Mumbai: The markets expressed great dis-appointment to the mega Rs. 20 lakh crore economic package announced by the government over the weekend. The market undertone was so pessimist, that for once it overlooked even positive overseas cues.
According to reports, market experts and economists have largely criticised the government stimulus measures as been inadequate to drive consumption or manufacturing activity. Further, the proposed move to stop fresh insolvency cases for a year with an aim to avoid a wave of bankruptcies from companies did not augur well for the struggling banking sector.
This morning, thanks to the positive overseas cues, the BSE Sensex opened 150-odd points higher at 31,248, and that was the only shining spot today. Soon enough, the BSE index nose-dived into the negative territory and traded with heavy losses throughout the day. The Sensex cracked below the 30,000-mark for the first time this month as it touched a low of 29,968. The Sensex finally ended with a loss of 1,069 points (3.4 per cent) at 30,029.

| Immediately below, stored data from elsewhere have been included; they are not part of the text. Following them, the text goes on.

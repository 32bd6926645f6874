ghost use Rattle.std.specs.Prelude.{◌≡◌, ◌≤◌, [], ◌∷◌, ◌++◌, length, IfErr, OnOk, OnErr};
ghost use Rattle.mailbox.specs.Rings.{places, items_sent, IsSameRing};

use crate::outlet::{Outlet, Taken};
use change_list::Item;
use rtrb::{Consumer, Producer, PushError, RingBuffer};
use std::alloc::{AllocError, Global};
use std::marker::Model;

/// The producer's side of a ring. The consumer has the other end, and never waits.
#[derive(Drop)]
pub struct Ring<K> {
    producer: Producer<Item<K>>,
}

impl<K> Model for Ring<K> {
    ghost use Rattle.mailbox.specs.Rings.{Ring, CountsPlaces};

    ghost Value = { Ring K };

    ghost view = { λ ring. ring.producer };

    ghost invariant = { λ ring. CountsPlaces ring.producer };
}

impl<K: Copy> Outlet<K> for Ring<K> {
    ghost use Rattle.std.specs.Prelude.{◌≡◌, []};
    ghost use Rattle.rtrb.specs.Ring.{received};
    ghost use Rattle.mailbox.specs.Rings.{places, items_sent, ring_rule, IsOtherEnd};

    type Consumer = Consumer<Item<K>>;

    ghost room_of = { λ ring. places ring };

    ghost unread = { λ ring. items_sent ring };

    ghost rule = { ring_rule };

    ghost is_end_of = { λ end ring. IsOtherEnd end ring };

    ghost fresh = { λ end. received end ≡ [] };

    fn make(alloc: Global, room: u32) -> Result<(Ring<K>, Consumer<Item<K>>), AllocError> {
        let (producer, consumer) = RingBuffer::new(alloc, room as usize)?;
        Ok((Ring { producer }, consumer))
    }

    fn offer(&mut self, item: Item<K>) -> Result<(), Item<K>>
        ensures taken { OnOk result (items_sent self.new ≡ items_sent self.old ++ item ∷ []) }
        ensures handed_back { IfErr result (λ back. back ≡ item) }
        ensures unchanged { OnErr result (items_sent self.new ≡ items_sent self.old) }
        ensures full { OnErr result (places self.old ≤ length (items_sent self.old)) }
        ensures same { IsSameRing self.old self.new }
    {
        match self.producer.push(item) {
            Ok(()) => Ok(()),
            Err(PushError::Full(back)) => Err(back),
        }
    }

    fn take(&mut self) -> Taken<K> {
        Taken::Elsewhere
    }

    fn is_emptied_elsewhere() -> bool {
        true
    }
}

Among the Sensex 30 stocks, IndusInd Bank was the biggest loser, down 10 per cent at Rs. 377. UltraTech Cement, Axis Bank, HDFC, ICICI Bank, Maruti, Bajaj Finance, Bajaj Auto, SBI, Larsen & Toubro, HDFC Bank and Hero MotoCorp tumbled 6-8 per cent each. IT stocks, however, bucked the trend. TCS surged 2.7 per cent and Infosys was up 1.7 per cent.

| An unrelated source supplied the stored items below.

ghost use Rattle.std.specs.Prelude.{◌≡◌, ℕ, List, [], ◌∷◌, ◌++◌, IfOk, IfErr, OnOk, OnErr};
ghost use Rattle.change_list.specs.declared.item.Item.{Item};
ghost use Rattle.mailbox.specs.Outlets.{Rule, Takes, MayTake, MayRefuse};

use change_list::Item;
use std::alloc::{AllocError, Global};

/// The result of taking from an outlet.
#[derive(Clone, Copy, Debug, PartialEq, Eq)]
pub enum Taken<K> {
    /// The item at the front, which is removed.
    Item(Item<K>),
    /// No item was there.
    Nothing,
    /// A ring is read by its consumer, not here.
    Elsewhere,
}

/// Where the items of a cursor go.
pub trait Outlet<K>: Drop {
    /// The other end of an outlet, which the consumer gets.
    type Consumer: Drop;

    /// How many items it has room for.
    ghost room_of: { Self → ℕ };

    /// The items that it was offered and that this side hasn't taken, in order.
    ghost unread: { Self → List (Item K) };

    /// When an offer may be taken or handed back, and where the outlet is emptied.
    ghost rule: { Rule };

    /// Whether a consumer is the other end of an outlet.
    ghost is_end_of: { Self.Consumer → Self → Type 0 };

    /// Whether a consumer has taken nothing yet.
    ghost fresh: { Self.Consumer → Type 0 };

    /// An empty outlet with room for so many items, and its other end.
    ///
    /// # Errors
    /// Memory ran out.
    fn make(alloc: Global, room: u32) -> Result<(Self, Self::Consumer), AllocError>
        ensures room { IfOk result (λ made. room_of made.0 ≡ room) }
        ensures empty { IfOk result (λ made. unread made.0 ≡ []) }
        ensures end { IfOk result (λ made. is_end_of made.1 made.0) }
        ensures fresh { IfOk result (λ made. fresh made.1) };

    /// Adds an item, or hands it back.
    fn offer(&mut self, item: Item<K>) -> Result<(), Item<K>>
        ensures taken { OnOk result (unread self.new ≡ unread self.old ++ item ∷ []) }
        ensures may_take { OnOk result (MayTake rule (room_of self.old) (unread self.old)) }
        ensures handed_back { IfErr result (λ back. back ≡ item) }
        ensures unchanged { OnErr result (unread self.new ≡ unread self.old) }
        ensures may_refuse { OnErr result (MayRefuse rule (room_of self.old) (unread self.old)) }
        ensures room { room_of self.new ≡ room_of self.old }
        ensures end { (end : Self.Consumer) → is_end_of end self.old → is_end_of end self.new };

    /// Takes the item at the front.
    fn take(&mut self) -> Taken<K>
        ensures takes { Takes rule.is_emptied_elsewhere (unread self.old) result (unread self.new) }
        ensures room { room_of self.new ≡ room_of self.old }
        ensures end { (end : Self.Consumer) → is_end_of end self.old → is_end_of end self.new };

    /// Whether outlets of this kind are emptied elsewhere, by a consumer.
    fn is_emptied_elsewhere() -> bool
        ensures { result ≡ rule.is_emptied_elsewhere };
}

Among sectoral indices, the BSE Bankex slumped 6.7 per cent. The Auto and Realty indices also plunged over 5 per cent each. The Consumer Durables, Metal, Oil & Gas and Power indices also slipped over 3 per cent each. On the positive front, the BSE IT index jumped 1.4 per cent.

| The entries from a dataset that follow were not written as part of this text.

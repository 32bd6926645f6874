ghost use Rattle.std.specs.Prelude.{◌≡◌, ◌<◌, ◌≤◌, ◌↔◌, [], length, IfOk, IfErr, OnOk, IsOk, false};
ghost use Rattle.mailbox.specs.Outlets.{tray_rule, with_item};

use crate::outlet::{Outlet, Taken};
use change_list::Item;
use std::alloc::{AllocError, Global};
use std::collections::VecDeque;
use std::marker::Model;

/// A bounded list of items, first in first out. Its places are reserved when it is made.
#[derive(Drop)]
pub struct Tray<K> {
    items: VecDeque<Item<K>>,
    room: u32,
}

impl<K> Model for Tray<K> {
    ghost use Rattle.std.specs.Prelude.{◌≤◌};
    ghost use Rattle.std.specs.VecDeque.{deque_capacity};
    ghost use Rattle.mailbox.specs.Outlets.{Tray};

    ghost Value = { Tray K };

    ghost view = { λ tray. record { room = tray.room; held = tray.items.items } };

    ghost invariant = { λ tray. tray.room ≤ deque_capacity tray.items };
}

impl<K: Copy> Outlet<K> for Tray<K> {
    type Consumer = ();

    ghost room_of = { λ tray. tray.room };

    ghost unread = { λ tray. tray.held };

    ghost rule = { tray_rule };

    ghost is_end_of = { λ end tray. Unit {0} };

    ghost fresh = { λ end. Unit {0} };

    fn make(alloc: Global, room: u32) -> Result<(Tray<K>, ()), AllocError>
        ensures made { IfOk result (λ made. made.0 ≡ record { room = room; held = [] }) }
    {
        let items = VecDeque::with_capacity(alloc, room as usize)?;
        Ok((Tray { items, room }, ()))
    }

    fn offer(&mut self, item: Item<K>) -> Result<(), Item<K>>
        ensures takes { IsOk result ↔ (length self.old.held < self.old.room) }
        ensures taken { OnOk result (self.new ≡ with_item self.old item) }
        ensures handed_back { IfErr result (λ back. (back ≡ item) × (self.new ≡ self.old)) }
    {
        if self.items.len() >= self.room as usize {
            return Err(item);
        }
        self.items.push_back_reserved(item);
        Ok(())
    }

    fn take(&mut self) -> Taken<K> {
        match self.items.pop_front() {
            Some(item) => Taken::Item(item),
            None => Taken::Nothing,
        }
    }

    fn is_emptied_elsewhere() -> bool {
        false
    }
}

The market breadth was extremely bearish, with more than three declining stocks for every single advancing share. Out of 2,479 stocks traded on the BSE today, 1,770 declined and 549 advanced. Further, 34 stocks registered a new 52-week high today, while 109 stocks recorded a fresh 52-week low.
With today’s sharp fall the Sensex has broken below its monthly Fibonacci S2 support (30,525) and is now within striking distance of its monthly Fibonacci S3 support at 29,770. Going ahead, the S3 level needs to be closely watched for signs of any trend reversal. In case, 29,770, does not hold then the trend could remain bearish for the remainder of the month, with strong resistance expected around 31,280 and 32,300-odd levels.
As per the daily Fibonacci charts, on Tuesday, the BSE Sensex may seek support around 29,540-29,390-29,240, while in case of an up move the BSE index may face resistance around 30,520-30,670-30,820.
The NSE Nifty dropped 3.4 per cent to 8,823 and in doing so has not only broken it’s trend line support around 8,980 but also ended below the lower-end of the Bollinger Band on the daily charts, which is a negative sign. The only silver lining for the markets is that the key ADX (Average Directional Index) is tepid, which means neither the bulls nor the bears are strong enough currently. Hence, a pull-back seems quite possible.
The bears may hold slight advantage as long as the Nifty sustains below 8,850-odd level. In case of a pull-back, the NSE index is expected to face strong resistance around 9,250-odd levels, where the 20-DMA (Daily Moving Average) and 50-DMA converge.
Among the other key momentum oscillators – the MACD (Moving Average Convergence Divergence) has given a negative divergence on the daily charts, while the Slow Stochastic and the DI (Directional Index) too continue to remain in favour of the bears. The 14-day RSI (Relative Strength Index) remains in neutral mode.
Disclaimer: The article is for information purpose only and does not advocate any buy or sell /recommendation.